Микал тоже выхватил кинжал, раздувая ноздри, приготовился к смертельной схватке. Но вмешался богомаз. Длинной ручищей ухватил Данела за плечо, оттащил назад.

— Не годится так, браток, — сказал он сердито, вставая между врагами и рискуя быть проткнутым кинжалом не того, так другого.

— Клянусь богом, я убью этого грязного щенка! — продолжал бушевать Данел, стараясь оттеснить в сторону богомаза.

— Прежде я тебя сдам под стражу, старый ишак, чтоб не бросался на людей, как бешеная собака. Эй, казак! — позвал Микал возвращающегося с «иордани» Миньку Загилова. — Иди–ка сюда.

Минька подошел, снял с плеча карабин:

— В чем тут дело, господин писарь?

— Посторожи вот этого с кинжалом, — распорядился писарь, забрасывая собственный кинжал в ножны и подходя к Данеловой арбе. — А я посмотрю, за чем приезжал мой земляк к вашему богомазу.

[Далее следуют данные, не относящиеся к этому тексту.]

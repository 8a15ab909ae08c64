// Judges a port: which pairs of stage and condition are kept, the rank of each, and where each request may be worked and may end.
#![tactic(auto)]

mod judging;
mod rows;
mod stages;
mod tasks;

pub use judging::{Verdict, judge};
pub use tasks::Task;
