// A port's stages as the rounds see them.
ghost use Rattle.std.specs.Prelude.{◌≡◌, ℕ, ◌<◌, length, IfOk, cond, not, ◌&&◌, vec_len, slice_index};
ghost use Rattle.plans.specs.Flags.{has};
ghost use Rattle.rounds.specs.Stages.{IsNew, Even, NarrowedBy, SettledBy, StagesNew};

use crate::rows::narrow;
use std::alloc::{AllocError, Global};

// A stage: rows by condition for its pairs.
// Stays: rows beside each other, and not a row of pairs, since a goal is made of one of them as a slice of flags.
#[derive(Drop)]
pub(crate) struct Stage {
    // The pairs that are left.
    pub(crate) alive: Vec<bool>,
    // Those of them that this round leaves, as far as it has come.
    pub(crate) next: Vec<bool>,
    // The round that took each of the others out, and 0 for those that are left.
    pub(crate) ranks: Vec<u16>,
    // Whether the last round took one out.
    pub(crate) lost: bool,
}

// Notes the round at the pairs that it takes out.
fn note(alive: &[bool], next: &[bool], round: u16, ranks: &mut [u16])
    requires alive { length alive.now ≡ length ranks.old }
    requires next { length next.now ≡ length ranks.old }
    ensures { (c : ℕ) → c < length ranks.old → slice_index ranks.new c ≡ cond (has alive.now c && not (has next.now c)) round (slice_index ranks.old c) }
{
    // Stays: by the condition's number, since of what is zipped with `iter_mut` a proof knows no element.
    for (c, rank) in ranks.iter_mut().enumerate() {
        if alive[c] && !next[c] {
            *rank = round;
        }
    }
}

impl Stage {
    // With every pair left, and each request to be searched.
    fn new(heap: Global, width: usize) -> Result<Stage, AllocError>
        ensures { IfOk result (λ s. IsNew width s) }
    {
        Ok(Stage {
            alive: vec![in heap; true; width]?,
            next: vec![in heap; true; width]?,
            ranks: vec![in heap; 0; width]?,
            lost: true,
        })
    }

    // Takes out of what this round leaves the pairs from which a request is not served.
    pub(crate) fn narrow(&mut self, served: &[bool])
        requires { length served.now ≡ length self.old.next.items }
        ensures { NarrowedBy served.now self.old self.new }
    {
        narrow(&mut self.next, served);
    }

    // Ends a round of this number.
    pub(crate) fn settle(&mut self, round: u16)
        requires { Even self.old }
        ensures { SettledBy round self.old self.new }
    {
        self.lost = self.alive != self.next;
        note(&self.alive, &self.next, round, &mut self.ranks);
        self.alive.copy_from_slice(&self.next);
    }
}

// So many stages, each with as many pairs as there are conditions.
pub(crate) fn stages_of(
    heap: Global,
    stages: usize,
    conditions: usize,
) -> Result<Vec<Stage>, AllocError>
    ensures { IfOk result (λ v. StagesNew stages conditions v.items) }
{
    (0..stages)
        .map(|_| Stage::new(heap, conditions))
        .try_collect(heap)
}
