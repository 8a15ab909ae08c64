// Formulas, and rows of flags, a flag for each condition.
ghost use Rattle.std.specs.Prelude.{◌≡◌, ℕ, true, ◌&&◌, length, IfOk};
ghost use Rattle.formula.specs.Truth.{is_formula, truth};
ghost use Rattle.plans.specs.Flags.{has};
ghost use Rattle.rounds.specs.Rows.{both_rows, truths};

use port::Text;
use std::alloc::{AllocError, Global};

// A text that is a formula over so many marks.
#[derive(Clone, Copy)]
pub(crate) struct Formula<'a> {
    pub(crate) text: &'a Text,
    pub(crate) count: u8,
    ghost sound: { is_formula count text.now.bytes.items ≡ true },
}

impl Formula<'_> {
    // Whether it holds on a set of marks.
    fn holds(self, marks: u16) -> bool
        ensures { result ≡ truth self.entry.count marks self.entry.text.now.bytes.items }
    {
        formula::evaluate(self.text.bytes.as_slice(), self.count, marks).unwrap_or(false)
    }

    // Where it holds, condition by condition.
    pub(crate) fn holding(self, heap: Global, conditions: &[u16]) -> Result<Vec<bool>, AllocError>
        ensures { IfOk result (λ v. v.items ≡ truths self.entry.count conditions.now self.entry.text.now.bytes.items) }
    {
        conditions
            .iter()
            .map(|marks| self.holds(*marks))
            .collect(heap)
    }
}

// Takes the flags out of a row that the other has not.
pub(crate) fn narrow(row: &mut [bool], other: &[bool])
    requires { length other.now ≡ length row.old }
    ensures { row.new ≡ both_rows row.old other.now }
{
    // Stays: by the condition's number, since of what is zipped with `iter_mut` a proof knows no element.
    for (c, flag) in row.iter_mut().enumerate() {
        *flag = *flag && other[c];
    }
}

// Where both rows have a flag.
pub(crate) fn both(heap: Global, a: &[bool], b: &[bool]) -> Result<Vec<bool>, AllocError>
    ensures rows { IfOk result (λ v. v.items ≡ both_rows a.now b.now) }
    ensures each { IfOk result (λ v. (c : ℕ) → has v.items c ≡ (has a.now c && has b.now c)) }
    ensures long { IfOk result (λ v. length a.now ≡ length b.now → length v.items ≡ length b.now) }
{
    a.iter().zip(b).map(|(a, b)| *a && *b).collect(heap)
}
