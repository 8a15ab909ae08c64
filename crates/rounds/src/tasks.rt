// A port's requests as the rounds see them.
ghost use Rattle.std.specs.Prelude.{◌≡◌, ℕ, false, ◌&&◌, length, IfOk, OnOk, map as mapped};
ghost use Rattle.plans.specs.Flags.{has};
ghost use Rattle.port.specs.Limits.{In};
ghost use Rattle.port.specs.Model.{request_model};
ghost use Rattle.rounds.specs.Rounds.{Wide, domain_in};
ghost use Rattle.rounds.specs.Tasks.{Fresh, IsTask, SameTexts, TasksOf, planned};

use crate::rows::{Formula, both};
use crate::stages::Stage;
use costs::MoveCount;
use index::MoveIndex;
use port::{Port, Request};
use search::{Choice, search};
use std::alloc::{AllocError, Global};

// A request: its stages, and rows of flags by condition.
// Stays: rows beside each other, as in `Stage`: a search takes two of them as slices of flags.
#[derive(Drop)]
pub struct Task {
    pub(crate) from: usize,
    pub(crate) to: usize,
    // Where it may be worked, since its keep holds.
    pub keep: Vec<bool>,
    // Where its reach holds.
    pub(crate) reach: Vec<bool>,
    // Where it may end: its reach holds, and the pair with its to-stage is left.
    pub goal: Vec<bool>,
    // From where it can be served, with that goal.
    pub(crate) served: Vec<bool>,
}

// From which conditions there is a plan.
fn planned<K: Copy>(heap: Global, choices: &[Choice<K>]) -> Result<Vec<bool>, AllocError>
    ensures { IfOk result (λ v. v.items ≡ mapped planned choices.now) }
{
    choices
        .iter()
        .map(|choice| !matches!(choice, Choice::None))
        .collect(heap)
}

impl Task {
    fn new(heap: Global, port: &Port, request: &Request) -> Result<Task, AllocError>
        requires { In request.now port.now.requests.items }
        ensures { IfOk result (λ t. IsTask port.now.header.marks port.now.conditions.items (request_model request.now) t) }
    {
        let count = port.header.marks;
        let keep = Formula {
            text: &request.keep,
            count,
        };
        let reach = Formula {
            text: &request.reach,
            count,
        };
        Ok(Task {
            from: request.from as usize,
            to: request.to as usize,
            keep: keep.holding(heap, &port.conditions)?,
            reach: reach.holding(heap, &port.conditions)?,
            goal: Vec::new(heap),
            served: Vec::new(heap),
        })
    }

    // Where the request may end with these pairs of its to-stage.
    fn goal_with(&self, heap: Global, alive: &[bool]) -> Result<Vec<bool>, AllocError>
        ensures each { IfOk result (λ v. (c : ℕ) → has v.items c ≡ (has self.now.reach.items c && has alive.now c)) }
        ensures long { IfOk result (λ v. length self.now.reach.items ≡ length alive.now → length v.items ≡ length alive.now) }
    {
        both(heap, &self.reach, alive)
    }

    // Finds anew where the request may end with these pairs of its to-stage, and from where it can then be served.
    fn aim(&mut self, heap: Global, index: &MoveIndex, alive: &[bool]) -> Result<(), AllocError>
        requires reach { length self.old.reach.items ≡ (domain_in index.now).conditions }
        requires alive { length alive.now ≡ (domain_in index.now).conditions }
        ensures same { OnOk result (SameTexts self.old self.new) }
        ensures fresh { OnOk result (Fresh (domain_in index.now) alive.now self.new) }
    {
        self.goal = self.goal_with(heap, alive)?;
        let choices = search::<MoveCount>(heap, index, &self.keep, &self.goal)?;
        self.served = planned(heap, &choices)?;
        Ok(())
    }

    // Brings the request's goal, and from where it can be served, up to date with the pairs of its to-stage: it is searched again
    // where that stage has lost one.
    pub(crate) fn refresh(
        &mut self,
        heap: Global,
        index: &MoveIndex,
        end: &Stage,
    ) -> Result<(), AllocError>
        requires reach { length self.old.reach.items ≡ (domain_in index.now).conditions }
        requires wide { Wide (domain_in index.now).conditions end.now }
        requires fresh { end.now.lost ≡ false → Fresh (domain_in index.now) end.now.alive.items self.old }
        ensures same { OnOk result (SameTexts self.old self.new) }
        ensures fresh { OnOk result (Fresh (domain_in index.now) end.now.alive.items self.new) }
    {
        if !end.lost {
            return Ok(());
        }
        self.aim(heap, index, &end.alive)
    }
}

// A task for each request of the port.
pub(crate) fn tasks_of(heap: Global, port: &Port) -> Result<Vec<Task>, AllocError>
    ensures { IfOk result (λ v. TasksOf port.now v.items) }
{
    let mut tasks = Vec::with_capacity(heap, port.requests.len())?;
    // Stays: tried with `try_collect`: that a request is one of the port's, as `Task::new` asks, did not close for its closure.
    for request in &port.requests {
        tasks.push(Task::new(heap, port, request)?)?;
    }
    Ok(tasks)
}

С этими словами он стал ворошить в арбе солому.

— Чтоб тебя привязали к шесту кзабах [73]. Это ты у деда своего научился шарить по чужим кладовкам, — скрежетал зубами в бессильной ярости Данел под направленным на него дулом винтовки.

Микал продолжал рыться в соломе. Ничего в ней не найдя, взял в руки икону, и тотчас крайнее недоумение отразилось на его бледном от сдерживаемого гнева лице. Он перебросил иконку с руки на руку — она оказалась такой тяжелой, словно была отлита из чугуна.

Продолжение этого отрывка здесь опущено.